O jogador se transferiu para a França no início de 2012, mas não comunicou para a Receita Federal que não estava mais domiciliado no Brasil. O fisco então fez a autuação fiscal sobre os tributos devidos naquele ano.
O julgamento foi iniciado em maio, mas interrompido por um pedido de vista. O ponto central da discussão dos conselheiros foi sobre a natureza da base de cálculo do tributo. A fiscalização utilizou como base as remessas que eram enviadas pelo jogador ao Brasil a cada três ou quatro meses. O contribuinte, no entanto, argumentou que pagou o Imposto de Renda devido na França.
A conselheira Ludmila Mara Monteiro de Oliveira, que havia pedido a vista, votou pelo reconhecimento do vício formal, quando ocorre um erro no cumprimento de formalidades para o lançamento fiscal. O vício formal permite que o fisco faça um novo lançamento corrigindo o erro.
“O que aconteceu aqui é que em vez de fazer a tributação dos rendimentos mensalmente auferidos no exterior, foram tributadas as três remessas que o contribuinte fez ao longo do ano”, disse a conselheira.

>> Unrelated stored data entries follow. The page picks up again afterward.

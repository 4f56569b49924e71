//! The lengths of all chains.

ghost use Rattle.std.specs.Prelude.{◌≡◌, ◌≤◌, ◌<◌, ◌-◌, ◌^◌, [], length, slice_index, OnOk, OnErr};
ghost use Rattle.std.specs.List.{sum};
ghost use Rattle.er_clocks.specs.Lengths.{one_more};

use er_io::NoMemory;
use std::alloc::Global;
use std::marker::Model;

/// How many members each chain has. Callers see the list of lengths, lowest chain first.
#[derive(Drop)]
pub struct Chains {
    lengths: Vec<u32>,
}

impl Model for Chains {
    ghost use Rattle.std.specs.Prelude.{ℕ, List, ◌<◌, ◌^◌, All};
    ghost use Rattle.std.specs.List.{sum};

    ghost Value = { List ℕ };

    ghost view = { λ c. c.lengths.items };

    ghost invariant = { λ c. (sum c.lengths.items < 2 ^ 32) × All (λ n. 0 < n) c.lengths.items };
}

impl Chains {
    /// No chain yet. It takes no memory.
    pub fn new(alloc: Global) -> Self
        ensures { result ≡ [] }
    {
        Chains {
            lengths: Vec::new(alloc),
        }
    }

    /// How many chains there are.
    #[tactic(auto, using(crate::proofs::Lengths::few_chains))]
    pub fn count(&self) -> u32
        ensures { result ≡ length self.now }
    {
        self.lengths.len() as u32
    }

    /// How many members a chain has.
    pub fn length(&self, chain: u32) -> u32
        requires { chain < length self.now }
        ensures { result ≡ slice_index self.now chain }
    {
        self.lengths[chain as usize]
    }

    /// One more member at the chain's end. At `count` it is the first of a new chain.
    #[tactic(auto, using(crate::proofs::Lengths::lengthens))]
    pub fn append(&mut self, chain: u32) -> Result<(), NoMemory>
        requires chain { chain ≤ length self.old }
        requires room { sum self.old < 2 ^ 32 - 1 }
        ensures appended { OnOk result (self.new ≡ one_more chain self.old) }
        ensures kept { OnErr result (self.new ≡ self.old) }
    {
        let chain = chain as usize;
        if chain < self.lengths.len() {
            self.lengths[chain] += 1;
            return Ok(());
        }
        let Ok(()) = self.lengths.push(1) else {
            return Err(NoMemory);
        };
        Ok(())
    }
}
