//! Many actions asked at once.
//!
//! Each loop is a function that is not inlined: in its callers the registers would not
//! reach for it.

ghost use Rattle.std.specs.Prelude.{◌≡◌, ◌+◌, ◌<◌, ◌≤◌, ◌^◌, ℕ, nat_lt, All, length, IfOk};
ghost use Rattle.er_paths.specs.Limits.{most_actions};
ghost use Rattle.er_paths.specs.Paths.{joins};
ghost use Rattle.er_paths.specs.links.Chains.{chains, chain_of, place_of};
ghost use Rattle.er_clocks.specs.Asked.{AreEntries, AreLaid, asked, entry_at, first_apart, first_joining, first_led};
ghost use Rattle.er_clocks.specs.Rows.{is_covered};

use crate::row::{Number, copied_to, number_at};
use crate::{Clocks, Meter};
use er_io::NoMemory;

/// So many are asked by the row of j, which most often answers: they cost what it costs to lay out
/// the entries of some thousand chains.
const NEAR: usize = 256;

/// What is looked up of an action once, before many are asked whether they have a path to it.
#[derive(Clone, Copy)]
struct Target<'a> {
    chain: u32,
    /// Its entry at its own chain.
    number: u32,
    row: &'a [Number],
}

impl Clocks {
    /// The place of the first of these that has a path to j, or their number.
    ///
    /// Each of them up to that one counts one comparison.
    pub fn first_joining(&self, firsts: &[u32], j: u32, meter: &mut Meter) -> usize
        requires firsts { All (λ i. i < length self.now) firsts.now }
        requires second { j < length self.now }
        requires room { meter.old + length firsts.now < 2 ^ 62 }
        ensures answer { result ≡ first_joining (joins self.now) firsts.now j }
        ensures within { result ≤ length firsts.now }
        ensures once { meter.new ≡ meter.old + asked firsts.now result }
    {
        let n = self.first_with_path(firsts, j);
        meter.rise((n + 1).min(firsts.len()) as u64);
        n
    }

    /// The place of the first of these to which a path leads from i, or their number.
    ///
    /// Each of them up to that one counts one comparison.
    pub fn first_led(&self, i: u32, seconds: &[u32], meter: &mut Meter) -> usize
        requires first { i < length self.now }
        requires seconds { All (λ j. j < length self.now) seconds.now }
        requires room { meter.old + length seconds.now < 2 ^ 62 }
        ensures answer { result ≡ first_led (joins self.now) i seconds.now }
        ensures within { result ≤ length seconds.now }
        ensures once { meter.new ≡ meter.old + asked seconds.now result }
    {
        let n = self.first_behind(i, seconds);
        meter.rise((n + 1).min(seconds.len()) as u64);
        n
    }

    /// The same with no meter.
    #[inline(never)]
    fn first_with_path(&self, firsts: &[u32], j: u32) -> usize
        requires firsts { All (λ i. i < length self.now) firsts.now }
        requires second { j < length self.now }
        ensures answer { result ≡ first_joining (joins self.now) firsts.now j }
        ensures within { result ≤ length firsts.now }
    {
        let target = self.target(j);
        for (n, i) in firsts.iter().enumerate() {
            if self.has_path_to(*i, target) {
                return n;
            }
        }
        firsts.len()
    }

    /// The same with no meter.
    #[inline(never)]
    fn first_behind(&self, i: u32, seconds: &[u32]) -> usize
        requires first { i < length self.now }
        requires seconds { All (λ j. j < length self.now) seconds.now }
        ensures answer { result ≡ first_led (joins self.now) i seconds.now }
        ensures within { result ≤ length seconds.now }
    {
        let chain = self.numbers[i as usize];
        let place = self.places[i as usize];
        for (n, j) in seconds.iter().enumerate() {
            if place < self.own_entry(*j, chain) {
                return n;
            }
        }
        seconds.len()
    }

    fn target(&self, j: u32) -> Target<'_>
        requires { j < length self.now }
        ensures entries { AreEntries self.now j
            (entry_at result.chain result.number result.row.now) }
        ensures there { result.chain < length (chains self.now) }
        ensures few { result.number ≤ most_actions }
    {
        let place = self.places[j as usize];
        Target {
            chain: self.numbers[j as usize],
            number: place + 1,
            row: self.rows.list(j).numbers(),
        }
    }

    /// Whether fewer come before i in its chain than the target's entry there says.
    fn has_path_to(&self, i: u32, target: Target<'_>) -> bool
        requires { i < length self.now }
        ensures { result ≡ nat_lt (place_of self.now i)
            (entry_at target.entry.chain target.entry.number target.entry.row.now
            (chain_of self.now i)) }
    {
        let chain = self.numbers[i as usize];
        let entry = if chain == target.chain {
            target.number
        } else {
            number_at(target.row, chain)
        };
        self.places[i as usize] < entry
    }
}

impl Clocks {
    /// The place of the first of these that has no path to j, or their number.
    ///
    /// Where many are left behind the first few, the entries of j are laid out for all chains, and
    /// each of them costs one look-up there.
    pub(crate) fn first_pathless(&self, firsts: &[u32], j: u32) -> usize
        requires firsts { All (λ i. i < length self.now) firsts.now }
        requires second { j < length self.now }
        ensures answer { result ≡ first_apart (joins self.now) firsts.now j }
        ensures within { result ≤ length firsts.now }
    {
        let near = firsts.len().min(NEAR);
        let n = self.near_pathless(&firsts[..near], j);
        if n < near {
            return n;
        }
        if near == firsts.len() {
            return n;
        }
        near + self.far_pathless(&firsts[near..], j)
    }

    /// The same by the row of j.
    #[inline(never)]
    fn near_pathless(&self, firsts: &[u32], j: u32) -> usize
        requires firsts { All (λ i. i < length self.now) firsts.now }
        requires second { j < length self.now }
        ensures answer { result ≡ first_apart (joins self.now) firsts.now j }
        ensures within { result ≤ length firsts.now }
    {
        let target = self.target(j);
        for (n, i) in firsts.iter().enumerate() {
            if !self.has_path_to(*i, target) {
                return n;
            }
        }
        firsts.len()
    }

    /// The same by the entries of j at all chains, where these are no more and there is memory.
    fn far_pathless(&self, firsts: &[u32], j: u32) -> usize
        requires firsts { All (λ i. i < length self.now) firsts.now }
        requires second { j < length self.now }
        ensures answer { result ≡ first_apart (joins self.now) firsts.now j }
        ensures within { result ≤ length firsts.now }
    {
        if firsts.len() < self.chains.count() as usize {
            return self.near_pathless(firsts, j);
        }
        match self.laid_out(j) {
            Ok(laid) => self.first_uncovered(firsts, &laid),
            Err(NoMemory) => self.near_pathless(firsts, j),
        }
    }

    /// The entries of j at all chains.
    fn laid_out(&self, j: u32) -> Result<Vec<Number>, NoMemory>
        requires { j < length self.now }
        ensures { IfOk result (λ laid. AreLaid self.now j laid.items) }
    {
        let count = self.chains.count() as usize;
        let target = self.target(j);
        let mut laid = copied_to(*self.numbers.allocator(), target.row, count)?;
        laid[target.chain as usize] = target.number as Number;
        Ok(laid)
    }

    /// The place of the first of these that the laid out entries do not cover, or their number.
    #[inline(never)]
    fn first_uncovered(&self, firsts: &[u32], laid: &[Number]) -> usize
        requires firsts { All (λ i. i < length self.now) firsts.now }
        requires long { length laid.now ≡ length (chains self.now) }
        ensures answer { (j : ℕ) → AreLaid self.now j laid.now
            → result ≡ first_apart (joins self.now) firsts.now j }
        ensures within { result ≤ length firsts.now }
    {
        for (n, i) in firsts.iter().enumerate() {
            if !self.covers_laid(laid, *i) {
                return n;
            }
        }
        firsts.len()
    }

    /// Whether the laid out entries have more members of the chain of i than come before i.
    fn covers_laid(&self, laid: &[Number], i: u32) -> bool
        requires known { i < length self.now }
        requires long { length laid.now ≡ length (chains self.now) }
        ensures { result ≡ is_covered self.now laid.now i }
    {
        self.places[i as usize] < u32::from(laid[self.numbers[i as usize] as usize])
    }
}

O relator, conselheiro Christiano Rocha Pinheiro, já havia defendido a manutenção do lançamento por entender que o Imposto de Renda é sujeito ao ajuste anual, e as transferências indicam que essa renda efetivamente aconteceu no ano de 2012 e deveria ser tributada. “Os depósitos são parte da renda auferida no exterior. Essa renda que foi auferida no exterior, ela de fato compõe a variação, o enriquecimento patrimonial do contribuinte, naquele ano”, disse.
O conselheiro Leonam Rocha de Medeiros afirmou que a cobrança de IRPF sobre os depósitos era um “claro erro” formal. Por outro lado, o conselheiro Gleison Pimenta Sousa destacou que a efetiva apuração de renda no exterior traz uma série de complicações, como possíveis deduções, e que o lançamento com base no que foi efetivamente transferido é “bem razoável”.
O caso tramita com o número 15586.720841/2014-84.